On top of that, Pavley is a veteran of local politics in the district while Wissot started the campaign with virtually no local name recognition.

Pavley, 53, was the first mayor of Agoura Hills, taking the post soon after the small, semi-rural city on the western fringe of Los Angeles County incorporated in 1982. She served on the City Council there for the next 15 years, including three additional terms as mayor.

In her first term as a state legislator, she drew national attention by pushing through the nation's first restrictions on vehicular carbon dioxide emissions. The auto industry fought the measure vigorously and has vowed to sue. But if the law Pavley championed remains intact, it will change the design of all vehicles made in the U.S.

To her opponent, the key issue is Pavley herself -- a woman he paints as a well-intended but fundamentally clueless environmental zealot.

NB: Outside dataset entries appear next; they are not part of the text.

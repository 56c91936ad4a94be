// Formats the result of Match for a shot record as the text that the program `place` prints (document 01).

#![tactic(auto)]

ghost use Rattle.std.specs.Prelude.{◌≡◌, ◌≤◌, min, length, take};
ghost use Rattle.board_match.specs.Match.{match_list};
ghost use Rattle.place_text.specs.Place.{place_text};
ghost use Rattle.place_text.specs.Text.{match_lines, text_of};
ghost use Rattle.lent_list.specs.Front.{in_front};
ghost use Rattle.place_text.specs.Writing.{Wrote};

mod lines;
mod markers;
mod words;
pub mod writer;

use board_match::Match;
use refusal::Refusal;
use writer::Page;

impl<'a> Page<'a> {
    fn put_match(&mut self, found: Match, markers: &[u32])
        ensures { Wrote (match_lines found markers.now) self.old self.new }
    {
        let best = found.best;
        let runner_up = found.runner_up;
        let corners = found.corners;
        self.put_all(b"placed\n");
        self.put_hypothesis(b"best", best);
        self.put_next(runner_up);
        self.put_float(b"margin", found.margin);
        self.put_number(b"placements", found.placements as u64);
        self.put_corners(corners);
        self.put_markers(markers, found.markers);
    }

    fn put_answer(&mut self, answer: Result<Match, Refusal>, markers: &[u32])
        ensures { Wrote (text_of answer markers.now) self.old self.new }
    {
        match answer {
            Ok(found) => self.put_match(found, markers),
            Err(refusal) => self.put_refusal(refusal),
        }
    }
}

// Writes the text of `answer`, with the markers' words that Match wrote to `markers`, to the start of the output array, truncated to its length.
// Returns the number of bytes written.
// Public for `replay`: no record leads to an absent runner-up, or to a best placement without a number, and the text of both is tested.
pub fn format(answer: Result<Match, Refusal>, markers: &[u32], text: &mut [u8]) -> usize
    ensures count { result ≡ min (length (text_of answer markers.now)) (length text.old) }
    ensures list { text.new ≡ in_front (text_of answer markers.now) text.old }
{
    let mut page = Page { text, at: 0 };
    page.put_answer(answer, markers);
    page.at
}

// The text of the result for a record, for arrays of any length. It is never longer than 32 KiB.
fn answer_text(bytes: &[u8], markers: &mut [u32], text: &mut [u8]) -> usize
    ensures count { result ≡ min (length (place_text bytes.now markers.old)) (length text.old) }
    ensures text { text.new ≡ in_front (place_text bytes.now markers.old) text.old }
    ensures list { markers.new ≡ match_list bytes.now markers.old }
    ensures room { length (place_text bytes.now markers.old) ≤ 32768 }
{
    let answer = board_match::match_board(bytes, markers);
    format(answer, markers, text)
}

// The record is the first `read` bytes. The text is never truncated: `markers` has 18 words for each of 256 cells, and `text` room for as many lines.
// Returns the length of the text.
pub fn place(
    bytes: &[u8; 65536],
    read: usize,
    markers: &mut [u32; 4608],
    text: &mut [u8; 32768],
) -> usize
    ensures length { result ≡ length (place_text (take read bytes.now) markers.old) }
    ensures text { text.new ≡ in_front (place_text (take read bytes.now) markers.old) text.old }
    ensures list { markers.new ≡ match_list (take read bytes.now) markers.old }
    ensures room { result ≤ length text.new }
{
    answer_text(
        &bytes[..read.min(bytes.len())],
        &mut markers[..],
        &mut text[..],
    )
}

"No doubt her heart is in the right place," he said. "She'd make a great president of the Sierra Club. But she doesn't have the aptitude to address just about anything outside the environment."

For her part, Pavley has no problem identifying her "passions" as education -- she was a Moorpark middle-school teacher for 25 years -- and the environment.

After she was elected in 2000, she said, a politically savvy friend offered some valuable advice: "You're in there for such a limited time," the friend said. "Focus on just a few things that are really important to you and try to make a difference."

So far, Wissot contends, the difference has not been a good one. "She wants to tax our motor vehicles," Wissot told a man who answered the door during his Woodland Hills precinct-walk.

"She wants to clean our air," the man countered.

Blond and telegenic, Wissot grew up in Westlake Village, graduated from James Madison University in Virginia, and earned a master's degree from the University of Arizona.

He has not run for office before but was spurred into politics by a brief stint on the staff of Republican Sen. John McCain of Arizona.

In his SUV (license plate: PR4GOP), Wissot sometimes listens to CDs of a memoir by McCain.

"He reminds me of the commitment I always want to have as a public servant," Wissot said.

McCain endorsed his former staffer, who worked for him as an intern in 1998 and helped on two campaigns. But that association -- a key point in Wissot's pitch to voters -- may not be enough to unseat Pavley, according to a Republican political consultant.

"We have an outstanding candidate in a very bad district," said Allan Hoffenblum, publisher of the California Target Book political report. "It's a highly safe Democratic seat."

With much of Oxnard and all of Port Hueneme added as a result of redistricting, the percentage of registered Latinos in the district rose from 5% to 10%, boosting the number of likely Democratic votes, Hoffenblum said.

"Wissot is young, articulate, aggressive and has political experience," Hoffenblum said. "He's looking for the future."

When Pavley first entered a race for state office in 2000, she was also viewed as a long shot.

In the primary to replace Sheila Kuehl, who moved to the state Senate, Pavley was outspent more than 2 to 1 by S. David Freeman, then the head of Los Angeles' Department of Water and Power.

In her subsequent campaign against Republican child advocate Jayne Murphy Shapiro, she rolled out the same credentials she relies upon now: career teacher, activist who helped incorporate Agoura Hills to save it from over-development, and a strong environmental voice on the California Coastal Commission and the Santa Monica Mountains Conservancy advisory board.

Pavley was swept to victory.

In her first term, Pavley introduced a number of bills that became law without much fuss: the creation of a state poet laureate's post, for example, and a pilot project to turn waste from rice operations in Northern California into bricks for freeway sound barriers.

By far her most contentious bill was one that brought her both the wrath of the auto industry and a "Freshman of the Year" award from the California League of Conservation Voters.